Line by line, reproduce the records exactly.

▶ **Given data**
====================
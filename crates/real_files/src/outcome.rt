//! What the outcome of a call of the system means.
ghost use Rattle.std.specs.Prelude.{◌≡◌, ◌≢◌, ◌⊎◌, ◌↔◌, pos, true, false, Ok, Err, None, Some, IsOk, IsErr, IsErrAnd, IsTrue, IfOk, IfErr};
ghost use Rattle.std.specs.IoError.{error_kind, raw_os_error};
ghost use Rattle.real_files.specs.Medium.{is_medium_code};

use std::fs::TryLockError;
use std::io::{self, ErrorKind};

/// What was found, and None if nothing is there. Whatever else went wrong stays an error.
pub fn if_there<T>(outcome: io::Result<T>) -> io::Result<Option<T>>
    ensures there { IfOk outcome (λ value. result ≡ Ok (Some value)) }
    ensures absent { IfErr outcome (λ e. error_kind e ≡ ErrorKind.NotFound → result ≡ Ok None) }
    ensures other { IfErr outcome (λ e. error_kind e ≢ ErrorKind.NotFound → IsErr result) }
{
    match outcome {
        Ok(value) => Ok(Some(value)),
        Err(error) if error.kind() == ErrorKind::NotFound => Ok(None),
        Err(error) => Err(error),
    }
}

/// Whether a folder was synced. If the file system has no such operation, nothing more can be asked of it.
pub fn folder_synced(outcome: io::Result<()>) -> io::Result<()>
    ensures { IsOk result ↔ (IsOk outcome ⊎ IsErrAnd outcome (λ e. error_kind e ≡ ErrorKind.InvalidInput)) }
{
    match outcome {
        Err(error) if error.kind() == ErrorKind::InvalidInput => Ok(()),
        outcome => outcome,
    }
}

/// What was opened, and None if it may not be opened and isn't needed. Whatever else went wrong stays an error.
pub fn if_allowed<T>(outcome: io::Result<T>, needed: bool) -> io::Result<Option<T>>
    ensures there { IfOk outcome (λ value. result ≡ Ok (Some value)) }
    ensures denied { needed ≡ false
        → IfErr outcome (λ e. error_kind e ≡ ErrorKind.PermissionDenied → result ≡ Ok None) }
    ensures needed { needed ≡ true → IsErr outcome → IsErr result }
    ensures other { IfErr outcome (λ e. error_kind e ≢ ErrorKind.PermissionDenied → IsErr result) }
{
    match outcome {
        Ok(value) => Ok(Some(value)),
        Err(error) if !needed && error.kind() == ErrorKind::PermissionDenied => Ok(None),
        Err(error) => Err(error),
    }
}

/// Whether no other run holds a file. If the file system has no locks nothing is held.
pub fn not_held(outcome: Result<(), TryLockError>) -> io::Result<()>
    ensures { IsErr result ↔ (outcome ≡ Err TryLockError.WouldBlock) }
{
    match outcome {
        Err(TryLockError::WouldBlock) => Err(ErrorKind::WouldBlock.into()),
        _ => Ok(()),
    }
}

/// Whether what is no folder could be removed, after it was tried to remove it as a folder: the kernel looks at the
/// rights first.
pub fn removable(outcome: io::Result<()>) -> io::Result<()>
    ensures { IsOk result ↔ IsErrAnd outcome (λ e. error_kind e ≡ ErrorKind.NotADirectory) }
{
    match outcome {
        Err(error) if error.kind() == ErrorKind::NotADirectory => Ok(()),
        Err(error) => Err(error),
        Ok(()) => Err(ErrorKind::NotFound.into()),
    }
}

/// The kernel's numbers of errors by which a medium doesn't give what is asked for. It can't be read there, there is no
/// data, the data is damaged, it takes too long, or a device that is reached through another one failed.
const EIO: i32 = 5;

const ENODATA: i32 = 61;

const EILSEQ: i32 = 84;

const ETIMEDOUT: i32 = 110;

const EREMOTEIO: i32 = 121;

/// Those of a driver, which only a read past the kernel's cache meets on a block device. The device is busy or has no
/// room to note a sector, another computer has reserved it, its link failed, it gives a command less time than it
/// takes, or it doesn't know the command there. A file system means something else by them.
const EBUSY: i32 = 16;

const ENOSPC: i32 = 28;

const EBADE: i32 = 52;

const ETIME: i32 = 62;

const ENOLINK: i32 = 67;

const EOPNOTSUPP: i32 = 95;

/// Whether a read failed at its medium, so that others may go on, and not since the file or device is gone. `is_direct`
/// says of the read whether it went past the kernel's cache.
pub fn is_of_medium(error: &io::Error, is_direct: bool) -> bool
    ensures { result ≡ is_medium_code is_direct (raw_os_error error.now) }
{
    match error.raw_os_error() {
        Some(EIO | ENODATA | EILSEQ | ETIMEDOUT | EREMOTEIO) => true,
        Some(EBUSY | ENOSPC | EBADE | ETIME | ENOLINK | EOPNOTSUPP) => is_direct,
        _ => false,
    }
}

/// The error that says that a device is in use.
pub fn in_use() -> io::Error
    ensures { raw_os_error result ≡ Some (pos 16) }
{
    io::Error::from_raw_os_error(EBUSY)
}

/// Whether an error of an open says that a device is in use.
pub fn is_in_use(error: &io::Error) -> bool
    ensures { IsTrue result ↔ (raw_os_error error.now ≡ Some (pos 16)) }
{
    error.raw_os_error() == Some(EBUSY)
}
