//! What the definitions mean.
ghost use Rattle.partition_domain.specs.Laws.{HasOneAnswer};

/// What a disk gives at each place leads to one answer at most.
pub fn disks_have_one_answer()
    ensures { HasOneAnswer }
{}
====================
▶ **Expected output**
filename crates/real_files/src/outcome.rt
//! What the outcome of a call of the system means.
ghost use Rattle.std.specs.Prelude.{◌≡◌, ◌≢◌, ◌⊎◌, ◌↔◌, pos, true, false, Ok, Err, None, Some, IsOk, IsErr, IsErrAnd, IsTrue, IfOk, IfErr};
ghost use Rattle.std.specs.IoError.{error_kind, raw_os_error};
ghost use Rattle.real_files.specs.Medium.{is_medium_code};

use std::fs::TryLockError;
use std::io::{self, ErrorKind};

/// What was found, and None if nothing is there. Whatever else went wrong stays an error.
pub fn if_there<T>(outcome: io::Result<T>) -> io::Result<Option<T>>
    ensures there { IfOk outcome (λ value. result ≡ Ok (Some value)) }
    ensures absent { IfErr outcome (λ e. error_kind e ≡ ErrorKind.NotFound → result ≡ Ok None) }
    ensures other { IfErr outcome (λ e. error_kind e ≢ ErrorKind.NotFound → IsErr result) }
{
    match outcome {
        Ok(value) => Ok(Some(value)),
        Err(error) if error.kind() == ErrorKind::NotFound => Ok(None),
        Err(error) => Err(error),
    }
}

/// Whether a folder was synced. If the file system has no such operation, nothing more can be asked of it.
pub fn folder_synced(outcome: io::Result<()>) -> io::Result<()>
    ensures { IsOk result ↔ (IsOk outcome ⊎ IsErrAnd outcome (λ e. error_kind e ≡ ErrorKind.InvalidInput)) }
{
    match outcome {
        Err(error) if error.kind() == ErrorKind::InvalidInput => Ok(()),
        outcome => outcome,
    }
}

/// What was opened, and None if it may not be opened and isn't needed. Whatever else went wrong stays an error.
pub fn if_allowed<T>(outcome: io::Result<T>, needed: bool) -> io::Result<Option<T>>
    ensures there { IfOk outcome (λ value. result ≡ Ok (Some value)) }
    ensures denied { needed ≡ false
        → IfErr outcome (λ e. error_kind e ≡ ErrorKind.PermissionDenied → result ≡ Ok None) }
    ensures needed { needed ≡ true → IsErr outcome → IsErr result }
    ensures other { IfErr outcome (λ e. error_kind e ≢ ErrorKind.PermissionDenied → IsErr result) }
{
    match outcome {
        Ok(value) => Ok(Some(value)),
        Err(error) if !needed && error.kind() == ErrorKind::PermissionDenied => Ok(None),
        Err(error) => Err(error),
    }
}

/// Whether no other run holds a file. If the file system has no locks nothing is held.
pub fn not_held(outcome: Result<(), TryLockError>) -> io::Result<()>
    ensures { IsErr result ↔ (outcome ≡ Err TryLockError.WouldBlock) }
{
    match outcome {
        Err(TryLockError::WouldBlock) => Err(ErrorKind::WouldBlock.into()),
        _ => Ok(()),
    }
}

/// Whether what is no folder could be removed, after it was tried to remove it as a folder: the kernel looks at the
/// rights first.
pub fn removable(outcome: io::Result<()>) -> io::Result<()>
    ensures { IsOk result ↔ IsErrAnd outcome (λ e. error_kind e ≡ ErrorKind.NotADirectory) }
{
    match outcome {
        Err(error) if error.kind() == ErrorKind::NotADirectory => Ok(()),
        Err(error) => Err(error),
        Ok(()) => Err(ErrorKind::NotFound.into()),
    }
}

/// The kernel's numbers of errors by which a medium doesn't give what is asked for. It can't be read there, there is no
/// data, the data is damaged, it takes too long, or a device that is reached through another one failed.
const EIO: i32 = 5;

const ENODATA: i32 = 61;

const EILSEQ: i32 = 84;

const ETIMEDOUT: i32 = 110;

const EREMOTEIO: i32 = 121;

/// Those of a driver, which only a read past the kernel's cache meets on a block device. The device is busy or has no
/// room to note a sector, another computer has reserved it, its link failed, it gives a command less time than it
/// takes, or it doesn't know the command there. A file system means something else by them.
const EBUSY: i32 = 16;

const ENOSPC: i32 = 28;

const EBADE: i32 = 52;

const ETIME: i32 = 62;

const ENOLINK: i32 = 67;

const EOPNOTSUPP: i32 = 95;

/// Whether a read failed at its medium, so that others may go on, and not since the file or device is gone. `is_direct`
/// says of the read whether it went past the kernel's cache.
pub fn is_of_medium(error: &io::Error, is_direct: bool) -> bool
    ensures { result ≡ is_medium_code is_direct (raw_os_error error.now) }
{
    match error.raw_os_error() {
        Some(EIO | ENODATA | EILSEQ | ETIMEDOUT | EREMOTEIO) => true,
        Some(EBUSY | ENOSPC | EBADE | ETIME | ENOLINK | EOPNOTSUPP) => is_direct,
        _ => false,
    }
}

/// The error that says that a device is in use.
pub fn in_use() -> io::Error
    ensures { raw_os_error result ≡ Some (pos 16) }
{
    io::Error::from_raw_os_error(EBUSY)
}

/// Whether an error of an open says that a device is in use.
pub fn is_in_use(error: &io::Error) -> bool
    ensures { IsTrue result ↔ (raw_os_error error.now ≡ Some (pos 16)) }
{
    error.raw_os_error() == Some(EBUSY)
}
//! What the definitions mean.
ghost use Rattle.partition_domain.specs.Laws.{HasOneAnswer};

/// What a disk gives at each place leads to one answer at most.
pub fn disks_have_one_answer()
    ensures { HasOneAnswer }
{}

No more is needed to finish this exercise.